5

I'm currently working on a project where I read a 32 bit sequence. The digitalPin is always HIGH when no sequence is received and starts oscilating with about 1kHz when the sequence starts (RC5).

I am setting and clearing bits of an uint32_t depending on which signal is on the digitalPin. It seems to work very well with every bit except of the MSB.
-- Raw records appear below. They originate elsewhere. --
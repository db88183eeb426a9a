//! Why a file of cases can't be read.
use std::alloc::{AllocError, AllocFailed};

/// Why a file of cases can't be read.
#[derive(Drop)]
pub enum Fault {
    /// The line of this number, from 1, is malformed.
    Line { line: usize, why: &'static str },
    /// Memory ran out.
    OutOfMemory,
}

/// What is wrong with a line, if memory didn't run out.
#[derive(Drop)]
pub enum Wrong {
    Why(&'static str),
    OutOfMemory,
}

impl From<AllocError> for Wrong {
    fn from(_: AllocError) -> Self {
        Wrong::OutOfMemory
    }
}

impl<T: Drop> From<AllocFailed<T>> for Wrong {
    fn from(_: AllocFailed<T>) -> Self {
        Wrong::OutOfMemory
    }
}

impl Wrong {
    /// The fault of this line.
    pub fn at(self, line: usize) -> Fault {
        match self {
            Wrong::Why(why) => Fault::Line { line, why },
            Wrong::OutOfMemory => Fault::OutOfMemory,
        }
    }
}
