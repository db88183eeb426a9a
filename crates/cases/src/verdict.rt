//! Whether a run gave what its case says.
ghost use Rattle.std.specs.Prelude.{◌≡◌, ◌↔◌, Some, IfOk, IsNone, IfSome};
ghost use Rattle.cases.specs.Agreement.{Agrees, NumbersAgree, TextsAgree};

use crate::came::Came;
use crate::case::Case;
use std::alloc::{AllocError, Global};

/// How many bytes are shown before the first that differs; behind it twice as many are.
const SHOWN: usize = 40;

/// Where two texts differ first, and what stands there in each.
fn text_difference(
    alloc: Global,
    what: &str,
    want: &[u8],
    came: &[u8],
) -> Result<Option<String>, AllocError>
    ensures { IfOk result (λ d. IsNone d ↔ (came.now ≡ want.now)) }
{
    if came == want {
        return Ok(None);
    }
    Ok(Some(told_texts(alloc, what, want, came)?))
}

fn told_texts(alloc: Global, what: &str, want: &[u8], came: &[u8]) -> Result<String, AllocError> {
    let at = want
        .iter()
        .zip(came.iter())
        .take_while(|(a, b)| **a == **b)
        .count();
    let want = shown_at(alloc, want, at)?;
    let came = shown_at(alloc, came, at)?;
    format!(in alloc; "{what} differs at byte {at}: {want:?} must come, {came:?} came")
}

/// What a text has round a place.
fn shown_at(alloc: Global, text: &[u8], at: usize) -> Result<String, AllocError> {
    let start = at.saturating_sub(SHOWN).min(text.len());
    let behind = text.split_at(start).1;
    let count = behind.len().min(3 * SHOWN);
    String::from_utf8_lossy(alloc, behind.split_at(count).0)
}

fn number_difference(
    alloc: Global,
    what: &str,
    want: Option<u64>,
    came: u64,
) -> Result<Option<String>, AllocError>
    ensures { IfOk result (λ d. IsNone d ↔ (want ≡ Some came)) }
{
    if want == Some(came) {
        return Ok(None);
    }
    let want = want.unwrap_or(0);
    Ok(Some(format!(in alloc; "{what}: {want} must come, {came} came")?))
}

fn left_difference(
    alloc: Global,
    want: Option<u64>,
    came: u64,
) -> Result<Option<String>, AllocError>
    ensures { IfOk result (λ d. IsNone d ↔ IfSome want (λ left. came ≡ left)) }
{
    match want {
        None => Ok(None),
        Some(_) => number_difference(alloc, "left", want, came),
    }
}

/// The one that is there, if any.
fn either(one: Option<String>, other: Option<String>) -> Option<String>
    ensures { IsNone result ↔ (IsNone one × IsNone other) }
{
    match one {
        Some(_) => one,
        None => other,
    }
}

/// What differs among the texts, if anything.
fn texts_difference(alloc: Global, case: &Case, came: &Came) -> Result<Option<String>, AllocError>
    ensures { IfOk result (λ d. IsNone d ↔ TextsAgree case.now came.now) }
{
    let out = text_difference(alloc, "out", &case.streams.out, &came.out)?;
    let err = text_difference(alloc, "err", &case.err, &came.err)?;
    let asked = text_difference(alloc, "what is asked", &case.asked, &came.asked)?;
    Ok(either(either(out, err), asked))
}

/// What differs among the numbers, if anything.
fn numbers_difference(alloc: Global, case: &Case, came: &Came) -> Result<Option<String>, AllocError>
    ensures { IfOk result (λ d. IsNone d ↔ NumbersAgree case.now came.now) }
{
    let status = number_difference(alloc, "status", case.status, came.status)?;
    let served = number_difference(alloc, "served", case.served, came.served)?;
    let left = left_difference(alloc, case.left, came.left)?;
    Ok(either(either(status, served), left))
}

/// What differs, if anything.
pub fn difference(alloc: Global, case: &Case, came: &Came) -> Result<Option<String>, AllocError>
    ensures { IfOk result (λ d. IsNone d ↔ Agrees case.now came.now) }
{
    let number = numbers_difference(alloc, case, came)?;
    let text = texts_difference(alloc, case, came)?;
    Ok(either(number, text))
}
Here a short code snippet to show what I mean:

const short irPin = 8;
const short msgDelay = 250;
uint32_t data = 0xFFFFFFFF;
long msgArrived = 0;
void setup(){
 Serial.begin(115200);
 pinMode(irPin, INPUT);
}
void loop(){
 long now = millis();
 if( (!(PINB & 1)) && ((now - msgArrived)> msgDelay)){
 msgArrived = millis();
 bitClear(data, 31);
 Serial.println(data, BIN);
 }
}

This gives me an output of

11111111111111111111111111111111

I have already tried

bitClear(data, 32); -> 11111111111111111111111111111111
bitClear(data, 30); -> 10111111111111111111111111111111

So every output is right, but not the when I try to clear the msb.

Has anyone experienced a similar behaviour?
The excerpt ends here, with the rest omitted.